Kirchen: Vorlage gefährdet Religionsfreiheit und Selbstbestimmung

Religionsfreiheit
Hermann Kues, CDU

Die deutschen Landeskirchen haben das geplante Antidiskriminierungsgesetz kritisiert. Zwar seien die von Rot-Grün verfolgten Ziele im Grundsatz annehmbar, doch gefährde die "hohe Regelungsdichte" den Status der Kirchen.

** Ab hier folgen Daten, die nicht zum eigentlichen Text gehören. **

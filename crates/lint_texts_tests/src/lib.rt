//! Tests of the texts of lints. They stand in a crate of their own, which is nothing else: a crate with tests is proved twice.
#![tactic(auto)]

#[cfg(test)]
mod text_tests;
#[cfg(test)]
mod texts;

Die Kirchen wollen auch künftig nach ihrem Selbstverständnis über den Zugang zu ihren Einrichtungen oder Angeboten entscheiden. Befürchtet wird, dass ein solches Antidiskriminierungsgesetz die bevorzugte Einstellung von Mitarbeitern der eigenen Konfession verhindern könnte. Ebenso könnten die Forderung besonderer Loyalität im Dienst der Kirche sowie die Vermietung oder der Verkauf von Wohnraum kirchlicher Siedlungswerke bevorzugt an kirchenzugehörige junge Familien rechtlich anfechtbar werden.

„Bürokratiemonster“

Der Kirchen- und Religionsbeauftragte der CDU/CSU-Bundestagsfraktion, Hermann Kues, bezeichnete die Vorlage nach einer Anhörung am Montag als „ein auf Staatserziehung zielendes Bürokratiemonster“. Es werde zu einer „Erschwerung der Religionsfreiheit und Religionsausübung insgesamt“ führen. Das Gesetz will auch Benachteiligungen aufgrund der „sexuellen Identität“ beseitigen.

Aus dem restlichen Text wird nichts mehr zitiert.